I am testing a hypothesis in which my scale DV (PSS) is predicted by an interaction between an Ordinal DV and a scale IV.
The ordinal IV is TF (Total Freq)
The scale IV is and PQM (Practice Quality).
TF is the sum of two ordinal variables:FF(Formal Freq) and IF(Informal Freq)
Each is measured as follows:
A) never/almost never, B) 1/week, C) 2-3/week, D)Almost Everyday, E) Everyday, F) Two or more times/day, More than three times/day]
PQM Is a validated scale made up of the means of two sub scales comprising 3 questions which are each being measured from 0% to 100%.
My hypothesis is that high scores on TF (a composite of FF and IF) predict lower PSS (DV) scores only when PQM is also high.
Given that FF and IF are measuring frequency using unequal intervals(i.e. jump from 2 times a week to 'almost everyday'), what are my options for testing my hypothesis?
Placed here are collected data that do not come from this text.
// Runs of `merge` over a store in memory.
use crate::run_words;
use crate::store_tests::{
    ADD_TWO, CREATE, D1, Step, are_ended, first_wrong, is_ended, is_run, source_of, words_of,
    writes,
};
use crate::tests::USAGE;
use indri_app::Status;
use ri_ends::{MemSink, SinkFail};
use std::alloc::Global;
use store_ends::{Left, MemStore, Store, StoreFail};

/// What is told before a merge and behind it. It reads no input, and answers a query as before.
static MERGES: [Step; 17] = [
    (&["merge"], "", Status::NoRepository, "norepository\n"),
    CREATE,
    (&["merge"], "x", Status::Done, "merged 0\n"),
    ADD_TWO,
    (&["merge", "a"], "", Status::Usage, USAGE),
    (&["merge", "--k", "1"], "", Status::Usage, USAGE),
    (&["merge"], "x", Status::Done, "merged 2\n"),
    (
        &["query", "--mu", "1", "a"],
        "",
        Status::Done,
        "1 - -0.263034 d2 0 1\n2 > -0.847996 d1 0 2\n",
    ),
    (
        &["add"],
        D1,
        Status::SomeRefused,
        "refused Repeated d1\nflushed 2\n",
    ),
    (&["delete"], "d1\n", Status::Done, "deleted d1\nflushed 1\n"),
    (&["merge"], "", Status::Done, "merged 1\n"),
    (
        &["delete"],
        "d1\n",
        Status::SomeRefused,
        "refused NoSuchDoc d1\nflushed 1\n",
    ),
    (
        &["query", "--mu", "1", "a"],
        "",
        Status::Done,
        "1 - -0.000000 d2 0 1\n",
    ),
    (&["delete"], "d2\n", Status::Done, "deleted d2\nflushed 0\n"),
    (&["merge"], "", Status::Done, "merged 0\n"),
    (&["query", "a"], "", Status::Done, ""),
    (&["add"], D1, Status::Done, "added d1 2\nflushed 1\n"),
];

/// A document that was deleted is added again, and a prior is set.
static CHANGED: [Step; 9] = [
    CREATE,
    ADD_TWO,
    (
        &["prior", "home"],
        "d1 1/2\n* 1/4\n",
        Status::Done,
        "prior home 1\n",
    ),
    (&["delete"], "d1\n", Status::Done, "deleted d1\nflushed 1\n"),
    (
        &["add"],
        "<DOC><DOCNO>d1</DOCNO>a</DOC>",
        Status::Done,
        "added d1 1\nflushed 2\n",
    ),
    (&["merge"], "", Status::Done, "merged 2\n"),
    (
        &["query", "--mu", "1", "a"],
        "",
        Status::Done,
        "1 - -0.000000 d1 0 1\n2 = -0.000000 d2 0 1\n",
    ),
    (
        &["query", "--mu", "1", "a #prior(home)"],
        "",
        Status::Done,
        "1 - -0.500000 d1 0 1\n2 > -1.000000 d2 0 1\n",
    ),
    (&["merge"], "", Status::Done, "merged 2\n"),
];

#[test]
fn merges(rt: HostRuntime) {
    assert!(rt; are_ended(rt.alloc(), &MERGES));
    assert!(rt; are_ended(rt.alloc(), &CHANGED));
}

const FIRST: &str = "seg-0000000000000001";

/// A store of the documents d1 and d2, which stand in the segment 1 of 155 bytes.
fn two_documents(alloc: Global) -> Option<MemStore> {
    let mut store = MemStore::new(alloc, Vec::new(alloc), Vec::new(alloc));
    match first_wrong(alloc, &mut store, &[CREATE, ADD_TWO]) {
        None => Some(store),
        Some(_) => None,
    }
}

/// The bytes of segment 1.
fn segment(store: &mut MemStore, name: &str) -> Option<[u8; 155]> {
    if name.len() > 30 {
        return None;
    }
    let mut bytes = [0; 155];
    let count = store.read_at(name, 0, &mut bytes).ok()?;
    if count == 155 { Some(bytes) } else { None }
}

/// Whether the file has these bytes by now.
fn is_put(store: &mut MemStore, name: &str, bytes: &[u8]) -> bool {
    name.len() <= 30 && store.replace(name, bytes).is_ok()
}

/// The same store, but that its last position is 0, which stands in the file before.
fn hurt(alloc: Global) -> Option<MemStore> {
    let mut store = two_documents(alloc)?;
    let mut bytes = segment(&mut store, FIRST)?;
    bytes[151] = 0;
    if is_put(&mut store, FIRST, &bytes) {
        Some(store)
    } else {
        None
    }
}

/// Segments 1 and 2 of two documents each.
static BOTH: [u8; 65] =
    *b"indriman\x01\0\0\0\x03\0\0\0\0\0\0\0\x02\0\0\0\x01\0\0\0\0\0\0\0\x02\0\0\0\0\0\0\0\x02\0\0\0\0\0\0\0\x02\0\0\0\0\0\0\0\0\0\0\0\0\0\0\0\0";

/// Segment 1 of two documents, two times.
static AGAIN: [u8; 65] =
    *b"indriman\x01\0\0\0\x03\0\0\0\0\0\0\0\x02\0\0\0\x01\0\0\0\0\0\0\0\x02\0\0\0\0\0\0\0\x01\0\0\0\0\0\0\0\x02\0\0\0\0\0\0\0\0\0\0\0\0\0\0\0\0";

/// The same store with this manifest, and with the same documents in segment 2.
fn listed(alloc: Global, manifest: &[u8]) -> Option<MemStore> {
    let mut store = two_documents(alloc)?;
    let bytes = segment(&mut store, FIRST)?;
    if is_put(&mut store, "seg-0000000000000002", &bytes)
        && is_put(&mut store, "manifest", manifest)
    {
        Some(store)
    } else {
        None
    }
}

/// Whether a merge ends with this line and status 7.
fn is_damage(alloc: Global, store: Option<MemStore>, line: &'static str) -> bool {
    let step: Step = (&["merge"], "", Status::Malformed, line);
    match store {
        Some(mut store) => is_ended(alloc, &mut store, &step),
        None => false,
    }
}

#[test]
fn damage(rt: HostRuntime) {
    let place = "malformed seg-0000000000000001 Block 151\n";
    assert!(rt; is_damage(rt.alloc(), hurt(rt.alloc()), place));
    let docno = "malformed seg-0000000000000002 Documents 64\n";
    assert!(rt; is_damage(rt.alloc(), listed(rt.alloc(), &BOTH), docno));
    let number = "malformed manifest Manifest 40\n";
    assert!(rt; is_damage(rt.alloc(), listed(rt.alloc(), &AGAIN), number));
}

/// Of two documents one is deleted.
static BEGUN: [Step; 3] = [
    CREATE,
    ADD_TWO,
    (&["delete"], "d1\n", Status::Done, "deleted d1\nflushed 1\n"),
];

/// The store behind that. Its call of this number fails, if it comes to it.
fn begun(alloc: Global, call: u64, left: Left) -> Option<MemStore> {
    let mut fails = Vec::new(alloc);
    fails.push(StoreFail { call, left }).ok()?;
    let mut store = MemStore::new(alloc, Vec::new(alloc), fails);
    match first_wrong(alloc, &mut store, &BEGUN) {
        None => Some(store),
        Some(_) => None,
    }
}

/// Whether a query has the document that is left.
fn stands(alloc: Global, store: &mut MemStore) -> bool {
    writes(
        alloc,
        store,
        &["query", "--mu", "1", "a"],
        "1 - -0.000000 d2 0 1\n",
    )
}

/// Whether a merge of it ends so.
fn ends(alloc: Global, store: Option<MemStore>, status: Status) -> bool {
    match store {
        Some(mut store) => is_run(alloc, &mut store, &["merge"], "", status),
        None => false,
    }
}

/// Whether a merge ends with a fault of its store where this call fails, and a query answers as before.
fn leaves_all(alloc: Global, call: u64, left: Left) -> bool {
    match begun(alloc, call, left) {
        Some(mut store) => {
            is_run(alloc, &mut store, &["merge"], "", Status::StoreFault)
                && stands(alloc, &mut store)
        }
        None => false,
    }
}

// The calls 16 to 28 are those of the merge.
#[test]
fn each_call_of_the_store_fails(rt: HostRuntime) {
    for call in 16..29 {
        assert!(rt; leaves_all(rt.alloc(), call, Left::Old));
        assert!(rt; leaves_all(rt.alloc(), call, Left::New));
        assert!(rt; leaves_all(rt.alloc(), call, Left::Torn(Vec::new(rt.alloc()))));
    }
    assert!(rt; ends(rt.alloc(), begun(rt.alloc(), 29, Left::Old), Status::Done));
}

/// How a merge ends over a sink that fails at once, having taken so many bytes.
fn status_of(alloc: Global, store: &mut MemStore, taken: usize) -> Option<Status> {
    let words = words_of(alloc, &["merge"])?;
    let mut source = source_of(alloc, "")?;
    let mut fails = Vec::new(alloc);
    fails.push(SinkFail { call: 1, taken }).ok()?;
    let mut sink = MemSink::new(alloc, fails);
    run_words(alloc, &words, &mut source, &mut sink, store).ok()
}

/// Whether it ends with status 5 then, and a query answers as before.
fn is_unheard(alloc: Global, taken: usize) -> bool {
    match begun(alloc, 0, Left::Old) {
        Some(mut store) => {
            status_of(alloc, &mut store, taken) == Some(Status::WriteFault)
                && stands(alloc, &mut store)
        }
        None => false,
    }
}

#[test]
fn the_line_is_not_written(rt: HostRuntime) {
    for taken in [0, 1, 99] {
        assert!(rt; is_unheard(rt.alloc(), taken));
    }
}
In terms of combining them: I figured I would centre each variable by subtracting the mean from each score and then add FF(centred) and IF(centred) to get TF
I currently think I have these options:
1) Do the regression assuming my ordinal DV's are scale
2) Dummy code my ordinal DVs and do the regression (Low vs High; coding them 0 and 1)
3) Do a one way ANOVA after reducing all variables to categories of Low/High
4) Do LOGARITHMIC TRANSFORMATIONS on ordinal variables and reduce scale variables to Low/High
In any of these cases I am not sure if I should enter TF alone or instead enter FF and IF together. I am also wondering the same thing about PQM which is made up of two opposing subclass (positive measure and negative measure).
The rationale for entering FF and IF separately is that the literature shows that only one predicts my DV and not the other.
I have a small sample of only about N=34. If list-wise deletion is used the total N is only around 25. **
I have two ordinal IVs (unequal intervals within each) , one scale IV and a scale DV and am wondering a) what test to use to test for an interaction between my DVs b) what transformations I need to perform and c) how to best calculate and enter composite measures into the statistical test.
Thank you if you got this far! I look forward to hearing your responses.